Effects of Exercise and Physical Activity on Anxiety - Mz
https://www.ncbi.nlm.nih.gov/pmc/articles/PMC3632802/
======
angersock
Part that mirrors my own experience:

> _Exposing someone with high anxiety sensitivity to the physiological
> symptoms they fear, such as rapid heartbeat, in the context of physical
> exercise increases their tolerance for such symptoms (McWilliams and
> Asmundson, 2001). This exposure reveals that the feared physiological
> sensations may be uncomfortable, but do not pose a serious threat (Ströhle
> et al., 2009). Repeated exposures through regular aerobic exercise may also
> facilitate habituation to the feared sensations (Beck and Shipherd, 1997)._

When you feel a panic or anxiety attack coming on, your body is going to start
feeling "off", and often this will be accompanied with a massive dump of
adrenaline.
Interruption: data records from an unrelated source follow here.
//! The survey of a run, event by event.

use crate::backups::Kept;
use crate::counts::{Counts, more};
use crate::logs::Placing;
use crate::recoveries::Recoveries;
use crate::replicas::Replica;
use crate::rules::Rule;
use crate::servers::{Servers, pair};
use rc_types::{
    Addr, Body, Code, Entry, Event, KeyRange, Message, Order, Part, Seq, ServerId, Shared,
};
use std::alloc::{AllocError, Global};
use std::collections::HashSet;

/// What a run has reached so far, and what has to be known of it to see more.
pub struct Survey {
    pub(crate) counts: Counts,
    pub(crate) servers: Servers,
    /// By backup, master and segment: what was freed.
    pub(crate) freed: HashSet<(ServerId, ServerId, u16)>,
    pub(crate) recoveries: Recoveries,
}

impl Drop for Survey {
    fn drop(self) {
        let Survey {
            counts: _,
            servers: _,
            freed: _,
            recoveries: _,
        } = self;
    }
}

/// What a step was, as far as that tells of what it sent.
#[derive(Clone, Copy, PartialEq)]
enum Step {
    Write,
    Stored,
    Tick,
    Other,
}

impl Survey {
    /// Nothing has happened.
    pub fn new(alloc: Global) -> Survey {
        Survey {
            counts: Counts::new(),
            servers: Servers::new(alloc),
            freed: HashSet::new(alloc),
            recoveries: Recoveries::new(alloc),
        }
    }

    /// What was reached.
    pub fn counts(&self) -> &Counts {
        &self.counts
    }

    /// This rule was reached, if this holds.
    pub(crate) fn reach_if(&mut self, holds: bool, rule: Rule) {
        self.counts.reach_if(holds, rule);
    }

    /// One more event: of all messages that were sent, it has sent those from this number on.
    ///
    /// # Errors
    ///
    /// Memory was refused.
    pub fn note(
        &mut self,
        event: &Event,
        sent: &[Message],
        first: usize,
    ) -> Result<(), AllocError> {
        let (before, answer) = sent.split_at(first.min(sent.len()));
        self.counts.event(event);
        let delivered = match event {
            Event::Deliver(number) => before.get(*number),
            _ => None,
        };
        self.happen(event, delivered, answer)?;
        let step = step_of(event, delivered);
        for message in answer {
            self.counts.message(message);
            self.learn(step, message)?;
        }
        Ok(())
    }

    /// What the event has reached.
    fn happen(
        &mut self,
        event: &Event,
        delivered: Option<&Message>,
        answer: &[Message],
    ) -> Result<(), AllocError> {
        if let Some(message) = delivered {
            return self.delivery(message, answer);
        }
        match event {
            Event::Tick(_) => self.reach_if(!answer.is_empty(), Rule::TickRepeats),
            Event::Start { host, kept } => self.start(*host, kept.as_slice())?,
            Event::Stop(id) => {
                if let Some(server) = self.servers.get_mut(*id) {
                    server.runs = false;
                }
            }
            Event::Order(Order::Suspect(id)) => {
                if let Some(server) = self.servers.get_mut(*id) {
                    server.is_suspected = true;
                }
            }
            Event::Order(Order::Decide(_)) => self.decide(answer),
            _ => {}
        }
        Ok(())
    }

    /// What a delivery has reached.
    fn delivery(&mut self, message: &Message, answer: &[Message]) -> Result<(), AllocError> {
        match (message.to, message.from) {
            (Addr::Server(to), _) => {
                let server = self.servers.get(to);
                if server.is_some_and(|server| server.runs) {
                    self.at_server(to, message, answer)?;
                }
            }
            (Addr::Coordinator, Addr::Server(from)) => self.report(from, &message.body, answer)?,
            _ => {}
        }
        Ok(())
    }

    /// What a delivery to a server that runs has reached.
    fn at_server(
        &mut self,
        to: ServerId,
        message: &Message,
        answer: &[Message],
    ) -> Result<(), AllocError> {
        match (message.from, &message.body) {
            (
                Addr::Server(master),
                Body::Place { seg, .. } | Body::Append { seg, .. } | Body::Close { seg, .. },
            ) => self.store(kept_at(to, master, *seg), &message.body, answer),
            (Addr::Server(master), Body::Free { seg }) => self.free(kept_at(to, master, *seg))?,
            (_, Body::Gather { master, .. }) => self.gather(to, *master)?,
            (_, Body::Fetch { len, .. }) => self.fetch(*len, answer),
            (_, Body::List { version, rows }) => self.list(to, *version, rows, answer),
            (
                Addr::Coordinator,
                Body::Refused {
                    code: Code::Deposed,
                },
            ) => {
                if let Some(server) = self.servers.get_mut(to) {
                    server.is_deposed = true;
                }
            }
            (_, body) => self.ask(to, body, answer),
        }
        Ok(())
    }

    /// What a message that was sent tells.
    fn learn(&mut self, step: Step, message: &Message) -> Result<(), AllocError> {
        match (message.from, message.to) {
            (Addr::Server(from), Addr::Server(to)) => {
                self.learn_between(step, from, to, &message.body)?;
            }
            (Addr::Server(from), _) => self.learn_of_server(step, from, &message.body),
            (Addr::Coordinator, Addr::Server(to)) => self.learn_of_coordinator(to, &message.body)?,
            _ => {}
        }
        Ok(())
    }

    /// What a message from a server to another one tells.
    fn learn_between(
        &mut self,
        step: Step,
        from: ServerId,
        to: ServerId,
        body: &Body,
    ) -> Result<(), AllocError> {
        match body {
            Body::Place {
                seg,
                epoch,
                digest,
                closed,
                ..
            } => {
                if let Some(server) = self.servers.get_mut(from) {
                    let placing = server.log.place(to, *seg, *epoch, *closed)?;
                    self.placed(step, placing, from, *seg, *epoch, digest);
                }
            }
            Body::Append { seg, entries, .. } => self.append(step, from, *seg, entries)?,
            Body::Close { seg, .. } => {
                if let Some(segment) = self.servers.segment_mut(from, *seg) {
                    self.counts
                        .reach_if(segment.close(), Rule::CloseUnderNewEpoch);
                }
            }
            Body::Stored { seg, .. } => {
                if let Some(replica) = Replica::told_in(body) {
                    self.servers.tell(from.index, to, *seg, replica)?;
                }
            }
            _ => {}
        }
        Ok(())
    }

    /// A master has placed a segment.
    fn placed(
        &mut self,
        step: Step,
        placing: Placing,
        master: ServerId,
        seg: u16,
        epoch: u16,
        digest: &Shared<u16>,
    ) {
        let Some(server) = self.servers.get(master) else {
            return;
        };
        let counts = &mut self.counts;
        match placing {
            Placing::Head if seg > 1 => {
                counts.reach(Rule::Roll);
                counts.reach_if(step != Step::Write, Rule::RollByReplay);
                counts.reach_if(server.log.has_replayed(digest), Rule::DigestWithReplayed);
                counts.reach_if(digest.len() < seg as usize, Rule::LeftOutOfDigest);
            }
            Placing::Replacement => counts.reach(Rule::MemberReplaced),
            Placing::Refill => counts.reach(Rule::Refill),
            _ => {}
        }
        if let Placing::Change | Placing::Replacement = placing {
            counts.reach_if(epoch > 1, Rule::SecondChange);
            counts.reach_if(seg < server.log.head(), Rule::ChangeWhileClosing);
        }
    }

    /// A master has appended entries.
    fn append(
        &mut self,
        step: Step,
        master: ServerId,
        seg: u16,
        entries: &Seq<Entry>,
    ) -> Result<(), AllocError> {
        if step == Step::Tick {
            return Ok(());
        }
        let Some(server) = self.servers.get_mut(master) else {
            return Ok(());
        };
        if let Some(segment) = server.log.segment_mut(seg) {
            segment.replayed = segment.replayed || step != Step::Write;
        }
        for entry in entries.as_slice() {
            server.log.append(entry.table, entry.key, entry.version)?;
        }
        Ok(())
    }

    /// What a message from a server to the outside or to the coordinator tells.
    fn learn_of_server(&mut self, step: Step, from: ServerId, body: &Body) {
        match body {
            Body::WriteOk {
                seg,
                term,
                version,
                ..
            } => {
                let is_replayed = *version > 1 && self.recoveries.has_part(*term);
                self.reach_if(is_replayed, Rule::VersionGoesOn);
                if self.servers.is_suspected(from) {
                    self.zombie(from, *seg);
                }
            }
            Body::Recovered { .. } => {
                self.reach_if(step == Step::Stored, Rule::RecoveredWhenStored);
            }
            _ => {}
        }
    }

    /// A master that was suspected has acknowledged a write: perhaps before each member has fenced it.
    fn zombie(&mut self, master: ServerId, seg: u16) {
        more(&mut self.counts.zombies);
        if let Some(segment) = self.servers.segment(master, seg) {
            let mut members = segment.members.iter();
            let has_open = members.any(|member| !self.servers.has_fenced(*member, master));
            self.reach_if(has_open, Rule::ZombieAcknowledges);
        }
    }

    /// What a message from the coordinator to a server tells.
    fn learn_of_coordinator(&mut self, to: ServerId, body: &Body) -> Result<(), AllocError> {
        match body {
            Body::Gather { attempt, master } => self.attempt(*attempt, *master)?,
            Body::Plan { parts, .. } => self.plan(to, parts)?,
            Body::CommitOk { seg, epoch } => {
                if *epoch > 0 {
                    more(&mut self.counts.epochs);
                }
                if let Some(server) = self.servers.get_mut(to) {
                    server.least = server.least.max(pair(*seg, *epoch));
                }
            }
            Body::Own { range, term, .. } => self.own(range, *term),
            _ => {}
        }
        Ok(())
    }

    /// An attempt to recover the master asks a server; perhaps it has just begun.
    fn attempt(&mut self, attempt: u32, master: ServerId) -> Result<(), AllocError> {
        if self.recoveries.gather(attempt, master)? {
            if let Some(server) = self.servers.get_mut(master) {
                let replaces = server.attempt.replace(attempt).is_some();
                self.reach_if(replaces, Rule::AttemptReplaced);
            }
        }
        Ok(())
    }

    /// A plan was sent to a recovery master.
    fn plan(&mut self, to: ServerId, parts: &Seq<Part>) -> Result<(), AllocError> {
        for part in parts.as_slice() {
            self.reach_if(part.range.lo > 0, Rule::SplitRangeRecovered);
            if self.recoveries.give(to, *part)? {
                if let Some(server) = self.servers.get_mut(to) {
                    server.waiting.push(*part)?;
                }
            }
        }
        Ok(())
    }

    /// A range was granted, for the first time or once more.
    fn own(&mut self, range: &KeyRange, term: u32) {
        self.recoveries.own(range, term);
        if let Some(master) = self.recoveries.grant(term) {
            more(&mut self.counts.recovered);
            if let Some(server) = self.servers.get_mut(master) {
                server.waiting.retain(|part| part.term != term);
            }
        }
        self.counts.owners = self.counts.owners.max(self.recoveries.owners());
    }
}

/// The master's segment at the backup.
fn kept_at(backup: ServerId, master: ServerId, seg: u16) -> Kept {
    Kept {
        backup,
        master,
        seg,
    }
}

/// What the step was that has delivered this message, or none.
fn step_of(event: &Event, delivered: Option<&Message>) -> Step {
    match (event, delivered.map(|message| &message.body)) {
        (Event::Tick(_), _) => Step::Tick,
        (_, Some(Body::Write { .. })) => Step::Write,
        (_, Some(Body::Stored { .. })) => Step::Stored,
        _ => Step::Other,
    }
}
At that point, your brain is looking for a way to justify why it
is feeling super alert and anxious, and will do all kinds of shit to justify
what is, at heart, a primarily physiological mechanism. If you only ever
experience {sweat, heavy breathing, light-headedness, high heart-rate, energy
dump, shakes} in the context of anxiety, any single one of those symptoms
starts to pattern-match as "oh god here we go again".

By exercising, you show yourself those symptoms in a context that you have
control over and you can (if this reasoning is sound) desensitize yourself to
them. Additionally, if you find yourself having a state like this, hopping on
a bicycle/going for a run/whatever can help both burn the energy/agitation and
also satisfy the flight urge you might experience.

I am not a doctor, this was a way of dealing with a temporary spike in anxiety
due to severe burnout, your mileage may vary, etc.